On a scale of 1–5, please rate how engaged you felt you were while watching the videos where hands interacted with objects. A score of “1” represents no engagement, while a score of “5” represents a lot of engagement.
On a scale of 1–5, please rate how engaged you felt you were while watching videos where hands interacted without objects. A score of “1” represents no engagement, while a score of “5” represents a lot of engagement.
On a scale of 1–5, please rate how engaged you felt you were while watching the videos of kaleidoscope patterns. A score of “1” represents no engagement, while a score of “5” represents a lot of engagement.
Could you imagine yourself performing the content of the videos? Please rate how hard you think it would be to perform the videos for each video type. A score of 1 would mean that the videos were very easy to perform, while a score of 5 means the videos are hard to perform.
Videos of the hand and the pencil:
Videos of just the hand:
Videos of the kaleidoscope patterns:
Did you notice anything other than the videos of hands or kaleidoscope patterns while you were doing the experiment? If you did, what did you notice?

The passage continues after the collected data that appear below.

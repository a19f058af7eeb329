//! Serves one stream with a hub.
ghost use Rattle.std.specs.Prelude.{◌≡◌, ◌≢◌, List, []};
ghost use Rattle.scim_token.specs.TokenFile.{Entry};
ghost use Rattle.scim_token.specs.Tokens.{Knows};
ghost use Rattle.scim_hub.specs.Events.{HubState};
ghost use Rattle.scim_hub.specs.HubStates.{IsHubState};
ghost use Rattle.scim_hub.specs.Streams.{IsStreamServed, IsVisit};
ghost use Rattle.scim_hub.specs.code.Servings.{IsPieceServed};
ghost use Rattle.scim_hub.specs.HubSetting.{hub_base, hub_policy, hub_shelf, hub_tokens, KeepsHubSetting};

use crate::events::{Event, EventKind, Stamp};
use crate::hubs::Hub;
use crate::io_faults::IoFault;
use crate::stamps::Stamps;
use crate::writing::{is_any_shutting, reply_count, write_outputs};
use scim_shelf::Shelf;
use std::alloc::Global;
use std::io::{Read, Write};

/// The maximum number of reads of a stream.
const MOST_READS: u64 = 1_000_000;

/// The result of serving a stream.
#[derive(Clone, Copy, PartialEq, Eq)]
pub struct Served {
    /// The number of replies written, without 100 (Continue).
    pub replies: u64,
}

/// The result of serving a piece.
#[derive(Clone, Copy)]
struct Written {
    replies: usize,
    /// Whether the connection is shut after the piece.
    shut: bool,
}

/// Handles the next piece of a connection's stream, and writes the outputs.
///
/// Fails with `Stamp` if no stamp is available; the hub hasn't handled the piece then. Fails with `Hub` if
/// the hub fails. Fails with `Write` if a write fails; then a prefix of the outputs' text has been written.
fn serve_piece<W: Write, S: Shelf, T: Stamps>(
    alloc: Global,
    piece: &[u8],
    writer: &mut W,
    hub: &mut Hub<S>,
    connection: u64,
    stamps: &mut T,
) -> Result<Written, IoFault>
    ensures keeps { KeepsHubSetting hub.old hub.new }
    ensures served { (entries : List Entry) (state : HubState) → Knows entries (hub_tokens hub.old)
        → IsHubState S.stands hub.old state → S.is_honest (hub_shelf hub.new) → piece.now ≢ []
        → (next : HubState) × IsHubState S.stands hub.new next
        × IsPieceServed (hub_policy hub.old) (hub_base hub.old) entries connection state next
        piece.now
        (T.given stamps.old) (T.given stamps.new) (W.contents writer.old)
        (W.contents writer.new) result }
    ensures honest { S.is_honest (hub_shelf hub.new) → S.is_honest (hub_shelf hub.old) }
{
    let stamp = stamps.next()?;
    let event = Event {
        connection,
        stamp,
        kind: EventKind::Piece(piece),
    };
    let outputs = hub.event(alloc, &event)?;
    write_outputs(outputs.as_slice(), writer)?;
    Ok(Written {
        replies: reply_count(outputs.as_slice()),
        shut: is_any_shutting(outputs.as_slice()),
    })
}

/// Reads the stream of a connection in pieces and serves each, until the stream ends or the connection is
/// shut.
///
/// Fails with `Read` if a read fails, and with `Turns` after a million reads that returned bytes. If
/// [`serve_piece`] fails, returns its error.
fn serve_pieces<R: Read, W: Write, S: Shelf, T: Stamps>(
    alloc: Global,
    reader: &mut R,
    writer: &mut W,
    hub: &mut Hub<S>,
    connection: u64,
    stamps: &mut T,
) -> Result<Served, IoFault>
    ensures keeps { KeepsHubSetting hub.old hub.new }
    ensures served { (entries : List Entry) (state : HubState) → Knows entries (hub_tokens hub.old)
        → IsHubState S.stands hub.old state → S.is_honest (hub_shelf hub.new)
        → (next : HubState) × IsHubState S.stands hub.new next
        × IsStreamServed (hub_policy hub.old) (hub_base hub.old) entries connection state next
        (R.remaining reader.old) (R.remaining reader.new)
        (T.given stamps.old) (T.given stamps.new) (W.contents writer.old)
        (W.contents writer.new) result }
    ensures honest { S.is_honest (hub_shelf hub.new) → S.is_honest (hub_shelf hub.old) }
{
    let mut replies: u64 = 0;
    let mut block = [0; 8192];
    for _ in 0..MOST_READS {
        let Ok(count) = reader.read(&mut block) else {
            return Err(IoFault::Read);
        };
        if count == 0 {
            return Ok(Served { replies });
        }
        let written = serve_piece(alloc, &block[..count], writer, hub, connection, stamps)?;
        replies = replies.saturating_add(written.replies as u64);
        if written.shut {
            return Ok(Served { replies });
        }
    }
    Err(IoFault::Turns)
}

/// Serves one stream with a hub: the connection joins, each piece of its stream is answered at once, and the
/// connection leaves.
///
/// Stops when the stream ends, right after the piece that shuts the connection, or at an error. Doesn't flush
/// the writer.
///
/// Errors:
///
/// - `Hub`: [`Hub::event`] failed. If the connection couldn't join, nothing was read or written.
/// - `Read`, `Write`: a read or a write failed; an interrupted read counts as failed.
/// - `Stamp`: no stamp was available for a piece, which is lost.
/// - `Turns`: a million reads returned bytes.
///
/// If an error occurs after the connection joined, the connection has left. After `Hub` or `Stamp` the
/// replies to all pieces before the failed one have been written, after `Read` or `Turns` the replies to all
/// pieces, and after `Write` a prefix of the replies' text.
pub fn serve_stream<R: Read, W: Write, S: Shelf, T: Stamps>(
    alloc: Global,
    reader: &mut R,
    writer: &mut W,
    hub: &mut Hub<S>,
    connection: u64,
    stamps: &mut T,
) -> Result<Served, IoFault>
    ensures keeps { KeepsHubSetting hub.old hub.new }
    ensures visit { (entries : List Entry) (state : HubState) → Knows entries (hub_tokens hub.old)
        → IsHubState S.stands hub.old state → S.is_honest (hub_shelf hub.new)
        → (next : HubState) × IsHubState S.stands hub.new next
        × IsVisit (hub_policy hub.old) (hub_base hub.old) entries connection state next
        (R.remaining reader.old) (R.remaining reader.new)
        (T.given stamps.old) (T.given stamps.new) (W.contents writer.old)
        (W.contents writer.new) result }
    ensures honest { S.is_honest (hub_shelf hub.new) → S.is_honest (hub_shelf hub.old) }
{
    let joining = Event {
        connection,
        stamp: Stamp::unused(),
        kind: EventKind::Joined,
    };
    hub.event(alloc, &joining)?;
    let served = serve_pieces(alloc, reader, writer, hub, connection, stamps);
    let leaving = Event {
        connection,
        stamp: Stamp::unused(),
        kind: EventKind::Left,
    };
    // The connection has joined, so this doesn't fail.
    let _left = hub.event(alloc, &leaving);
    served
}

How many times did you notice these extra stimuli?
Appendix D. Supplementary unregistered analyses
Responses to post-recording questionnaire
Chi-square tests showed significant effects of condition when participants selected their most interesting [χ2 (3) = 61.82, p < .001] and least interesting [χ2 (3) = 96.05, p < .001] condition. One-sample z tests comparing these proportions show that the kaleidoscope videos were rated as most engaging significantly more than hand-object videos (z = −6.47, p < .001), and hand-object videos significantly more than hand-no object videos (z = 6.21, p < .001). Hand-no object videos were selected as least interesting significantly more than hand-object videos (z = −2.53, p = .006), and rest more than hand-no object videos (z = 13.72, p < .001).
One-sample z tests also showed that the difference in participant's reports of feeling able to imitate the content of the videos significantly differed between kaleidoscope and hand-object videos (z = 20.49, p < .001) and hand-no object videos (z = 20.89, p < .001).
Gender effects in mu suppression
Independent t-tests were conducted comparing males (N = 19) and females (N = 42) on changes in activity at the central regions during the hand videos. No significant differences were found, for ether video type, for any baseline technique.